Our sector continues to evidence that sport has the ability to drive social change. The resultant impact is felt by individuals, and the communities in which they live, all over the world. That is a powerful testament to the work we do.

The change brought about by sport transcends physical, economic and social barriers. I’m proud to say that the work we help facilitate improves health, education, employment social justice and community cohesion. That’s a non-exhaustive list, of course!

Let me be candid with you just for a moment though: we must not be complacent. While we can extoll the virtues of sport as an antidote for a range of social issues, we must never do so without proof. Monitoring – knowing the who, what, where, when and why – needs to remain at the forefront of our approach.

In the sport for development world, Monitoring and Evaluation (M&E) has taken off in a big way in recent years. Rightly, funders and delivery organisations are paying greater attention to measuring the impact of their work. 

What was once confined to the ‘nice-to-have’ column on a budget is now a prerequisite. The proverbial ‘first name on the team sheet’, if you will! Such is the importance of getting the M&E right, external evaluators are being appointed and M&E is now integrated into most SDP projects at a programme’s design stage.

From experience, we know that M&E can be seen as daunting and complex. Allegedly, something that serves only as a distraction to ‘on-the-ground’ work and, frankly, only decipherable by those with a double-first in Rocket Science! That simply isn’t the case anymore. 

Awkward and inefficient spreadsheets have been superseded by technology that has embraced the user-friendly age, like Upshot.

When we talk about Monitoring and Evaluation in sport for development, and the wider third sector, we refer to it as the collection of information and data from projects and programmes, used to track results and provide accountability. This, in effect, is monitoring. 

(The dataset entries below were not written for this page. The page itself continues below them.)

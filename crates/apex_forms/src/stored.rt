//! The words of a situation and of what a pace counts.
ghost use Rattle.std.specs.Prelude.{◌≡◌, ◌+◌, ◌≤◌, length};
ghost use Rattle.apex_alike.specs.Canonical.{IsFit, canonical_roster, oldest_age};
ghost use Rattle.apex_choices.specs.Counts.{paced_in};
ghost use Rattle.apex_forms.specs.Forms.{AreRanks, canonical_paced};
ghost use Rattle.apex_forms.specs.Parts.{ArePut, IsPut};
ghost use Rattle.apex_forms.specs.Stored.{FitsWords, core_words, cores_words, counted_words, head_words, locks_words, records_words, word_count, words_of};

use crate::canonical::{kept_turns, kept_worked};
use crate::codes::mode_word;
use crate::forms::{canonical_moments, oldest_age, put_ranks};
use crate::objects::{
    BLACKBOARD_WORDS, BUFFER_WORDS, EVENT_FLAG_WORDS, MUTEX_WORDS, SEMAPHORE_WORDS,
};
use crate::parts::{put, put_all};
use crate::records::{RECORD_WORDS, record_words};
use apex_choices::PacedSituation;
use apex_configs::Table;
use apex_machine::OpenWork;
use apex_pace::Pace;
use apex_services::{Objects, ProcessObject};
use apex_store::{Object, PlainStore, Store};
use apex_types::{CoreId, MOST_PROCESSES, ProcessId};

/// The words before those of the cores: the mode, the time, and the number of init steps made.
pub const HEAD_WORDS: usize = 3;

/// The words of a core: its open work in three, its turns, and the ticks that it has worked for.
pub const CORE_WORDS: usize = 5;

/// The number of words of a situation of the table.
pub fn word_count(table: &Table) -> usize
    ensures { result ≡ word_count table.now }
{
    table.lawful();
    HEAD_WORDS
        + usize::from(table.cores()) * CORE_WORDS
        + table.process_count() * RECORD_WORDS
        + table.semaphore_count() * SEMAPHORE_WORDS
        + table.buffer_count() * BUFFER_WORDS
        + table.blackboard_count() * BLACKBOARD_WORDS
        + table.event_flag_count() * EVENT_FLAG_WORDS
        + table.mutex_count() * MUTEX_WORDS
}

/// The words of a core: its open work, its turns, and the ticks that it has worked for.
fn core_words(begun: Option<OpenWork>, turns: u64, worked: u64) -> [u64; CORE_WORDS]
    ensures { result ≡ core_words begun turns worked }
{
    let Some(begun) = begun else {
        return [0, 0, 0, turns, worked];
    };
    let kind = if begun.unbroken { 2 } else { 1 };
    let process = begun.work.process.place() as u64;
    let amount = u64::from(begun.work.amount.ticks());
    [kind, process, amount, turns, worked]
}

/// Puts the words of the semaphores, the buffers and the blackboards at a place, and answers the
/// place behind them.
fn put_counted(objects: &Objects, words: &mut [u64], at: usize) -> usize
    requires { at + length (counted_words objects.now) ≤ length words.old }
    ensures { IsPut (counted_words objects.now) at words.old result words.new }
{
    let at = put_all(objects.semaphores.as_slice(), words, at);
    let at = put_all(objects.buffers.as_slice(), words, at);
    put_all(objects.blackboards.as_slice(), words, at)
}

/// Puts the words of the event flags and the mutexes at a place, and answers the place behind them.
fn put_locks(objects: &Objects, words: &mut [u64], at: usize) -> usize
    requires { at + length (locks_words objects.now) ≤ length words.old }
    ensures { IsPut (locks_words objects.now) at words.old result words.new }
{
    let at = put_all(objects.event_flags.as_slice(), words, at);
    put_all(objects.mutexes.as_slice(), words, at)
}

/// Puts the words of the canonical forms of the processes at a place, and answers the place behind
/// them.
fn put_records(
    processes: &[ProcessObject],
    store: &PlainStore,
    ranks: &[u64; MOST_PROCESSES],
    now: u64,
    words: &mut [u64],
    at: usize,
) -> usize
    requires many { length processes.now ≡ length store.now.records }
    requires fit { IsFit store.now }
    requires ranks { AreRanks store.now ranks.now }
    requires now { now ≡ oldest_age store.now.now store.now.records }
    requires room { at + length (records_words processes.now (canonical_roster store.now).records)
        ≤ length words.old }
    ensures { IsPut (records_words processes.now (canonical_roster store.now).records) at words.old
        result words.new }
{
    let mut end = at;
    for place in 0..store.process_count() {
        let created = processes[place].is_created();
        let fields = store.record(ProcessId::at(place as u8));
        let moments = canonical_moments(store, fields, ranks, now, place);
        end = put(words, end, &record_words(created, fields, moments));
    }
    end
}

/// The words of the head of the canonical form, at this time in ticks.
fn head_words(paced: &PacedSituation, now: u64) -> [u64; HEAD_WORDS]
    requires { now ≡ oldest_age paced.now.situation.roster.now paced.now.situation.roster.records }
    ensures { (pace : Pace) → result ≡ head_words (canonical_paced pace (paced_in paced.now)) }
{
    let mode = mode_word(paced.situation.store().mode());
    let made = paced.situation.init_steps_made() as u64;
    [mode, now, made]
}

/// Puts the words of the canonical form of the cores at a place, and answers the place behind
/// them.
fn put_cores(
    paced: &PacedSituation,
    pace: Pace,
    table: &Table,
    words: &mut [u64],
    at: usize,
) -> usize
    requires { at + length (cores_words table.now.cores (canonical_paced pace (paced_in paced.now)))
        ≤ length words.old }
    ensures { IsPut (cores_words table.now.cores (canonical_paced pace (paced_in paced.now))) at
        words.old result words.new }
{
    let mut end = at;
    for number in 0..table.cores() {
        let core = CoreId::new(number);
        let turns = kept_turns(pace, paced.counts.turns(core));
        let worked = kept_worked(paced.work(core), paced.counts.worked(core));
        end = put(words, end, &core_words(paced.work(core), turns, worked));
    }
    end
}

/// Puts the words of the canonical forms of the processes, at this time in ticks, at a place, and
/// answers the place behind them.
fn put_processes(paced: &PacedSituation, now: u64, words: &mut [u64], at: usize) -> usize
    requires many { length paced.now.situation.objects.processes
        ≡ length paced.now.situation.roster.records }
    requires fit { IsFit paced.now.situation.roster }
    requires now { now ≡ oldest_age paced.now.situation.roster.now
        paced.now.situation.roster.records }
    requires room { at + length (records_words paced.now.situation.objects.processes
        (canonical_roster paced.now.situation.roster).records) ≤ length words.old }
    ensures { IsPut (records_words paced.now.situation.objects.processes
        (canonical_roster paced.now.situation.roster).records) at words.old result words.new }
{
    let processes = paced.situation.objects().processes.as_slice();
    let store = paced.situation.store();
    let mut ranks = [0; MOST_PROCESSES];
    put_ranks(store, &mut ranks);
    put_records(processes, store, &ranks, now, words, at)
}

/// Puts the words of the other objects at a place.
fn put_objects(paced: &PacedSituation, words: &mut [u64], at: usize)
    requires { at + length (counted_words paced.now.situation.objects)
        + length (locks_words paced.now.situation.objects) ≤ length words.old }
    ensures { ArePut (counted_words paced.now.situation.objects)
        (locks_words paced.now.situation.objects) at words.old words.new }
{
    let objects = paced.situation.objects();
    let at = put_counted(objects, words, at);
    put_locks(objects, words, at);
}

/// Puts the words of the canonical form of the situation, and of what the pace counts, into
/// these.
pub fn put_words(paced: &PacedSituation, pace: Pace, table: &Table, words: &mut [u64])
    requires fit { IsFit paced.now.situation.roster }
    requires fits { FitsWords table.now (canonical_paced pace (paced_in paced.now)) }
    requires room { length words.old ≡ word_count table.now }
    ensures { words.new ≡ words_of table.now (canonical_paced pace (paced_in paced.now)) }
{
    let now = oldest_age(paced.situation.store());
    let at = put(words, 0, &head_words(paced, now));
    let at = put_cores(paced, pace, table, words, at);
    let at = put_processes(paced, now, words, at);
    put_objects(paced, words, at);
}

Evaluation then is analysing this data to assess the results, processes and contextual factors to inform future practice, decision making and policy. The part that often gets missed out is the Learning – with a capital L! 

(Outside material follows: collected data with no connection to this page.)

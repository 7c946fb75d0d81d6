//! The words of one part of a situation among all of them.
ghost use Rattle.std.specs.Prelude.{◌≡◌, ℕ, ◌+◌, ◌≤◌, List, length};
ghost use Rattle.std.specs.List.{flat_map};
ghost use Rattle.apex_forms.specs.Parts.{IsPut};

/// A thing of which some words of a situation say how it is.
pub(crate) trait Stored {
    /// Its words.
    ghost stored: { Self → List ℕ };

    /// Puts its words at a place, and answers the place behind them.
    fn put(&self, words: &mut [u64], at: usize) -> usize
        requires { at + length (stored self.now) ≤ length words.old }
        ensures { IsPut (stored self.now) at words.old result words.new };
}

/// These words are as those others from now on. They are set one by one, so that words which were
/// made for this need no memory of their own.
fn set_all(words: &mut [u64], others: &[u64])
    requires { length words.old ≡ length others.now }
    ensures { words.new ≡ others.now }
{
    for place in 0..words.len() {
        words[place] = others[place];
    }
}

/// Puts these words at a place, and answers the place behind them.
pub(crate) fn put(words: &mut [u64], at: usize, part: &[u64]) -> usize
    requires { at + length part.now ≤ length words.old }
    ensures { IsPut part.now at words.old result words.new }
{
    let end = at + part.len();
    set_all(&mut words[at..end], part);
    end
}

/// Puts the words of each of these things at a place, and answers the place behind them.
pub(crate) fn put_all<P: Stored>(parts: &[P], words: &mut [u64], at: usize) -> usize
    requires { at + length (flat_map P.stored parts.now) ≤ length words.old }
    ensures { IsPut (flat_map P.stored parts.now) at words.old result words.new }
{
    let mut end = at;
    for part in parts {
        end = part.put(words, end);
    }
    end
}
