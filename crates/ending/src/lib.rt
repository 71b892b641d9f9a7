// The object table at the end of the input: what the programs that print it share.
#![tactic(auto)]

ghost use Rattle.ending.specs.Behind.{Left};

use state::Table;
use std::io::Stdin;
use turns::run;

// Reads call lines to the end of the input, has no output to write answers to, and gives the object table that they leave.
pub fn end_table(input: Stdin) -> Table
    ensures { Left result }
{
    let mut store = [0u64; 8192];
    let end = run(input, None, &mut store).unwrap();
    end.state.table
}
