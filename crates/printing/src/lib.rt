// A line written into a lent buffer. Nothing here knows a store. Rests on the crates `types`, `replies` and `texts`.
#![tactic(auto)]

ghost use Rattle.printing.specs.Shown.{Printed};

use replies::Line;
use texts::{put_one, put_one_value, put_two, put_two_value, put_word};

// The buffer for one line. The longest, `read` with three numbers of 20 digits, has 67 bytes.
pub const WIDTH: usize = 80;

// Writes a line, without its newline, at the start of a buffer, and answers its length.
// Kept: beside Display of `Line`, which may fail, by its contract, this cannot: every line fits into the buffer.
pub fn print(l: Line, out: &mut [u8; WIDTH]) -> usize
    ensures { Printed l out.new result }
{
    match l {
        Line::Ok => put_word(out, 0, b"ok"),
        Line::Edit(h) => put_one(out, b"edit ", h),
        Line::Locked(low, high) => put_two(out, b"locked ", low, high),
        Line::Read(tr, end, v) => put_two_value(out, b"read ", tr, end, v),
        Line::Own(v) => put_one(out, b"own ", v),
        Line::Again(tr, v) => put_one_value(out, b"again ", tr, v),
        Line::Commit(p) => put_one(out, b"commit ", p),
        Line::NoPoint => put_word(out, 0, b"nopoint"),
        Line::Purged(versions, locks) => put_two(out, b"purged ", versions, locks),
        Line::At(p, v) => put_one_value(out, b"at ", p, v),
        Line::No(n) => put_one(out, b"no ", n),
        Line::Held(h) => put_one(out, b"no 8 ", h),
        Line::Malformed => put_word(out, 0, b"?"),
    }
}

This is where we use the information gathered through M&E to reflect on our experiences, celebrate successes and improve our objectives. It is this triumvirate – Monitoring, Evaluation, Learning, or MEL for short – that form the basis of measuring true impact for any organisation committed to driving social change, sport-focused or otherwise.

Globally, the M&E landscape is changing. Governments and public bodies are placing increasing emphasis on sport’s role to deliver against social outcomes. Funders issuing capacity building grants, for the likes of impact measurement, are becoming the norm. CSR and ‘corporate global citizenship’ programmes need to communicate impact (not just generosity!) to stakeholders, senior leadership, employees, customers and the community.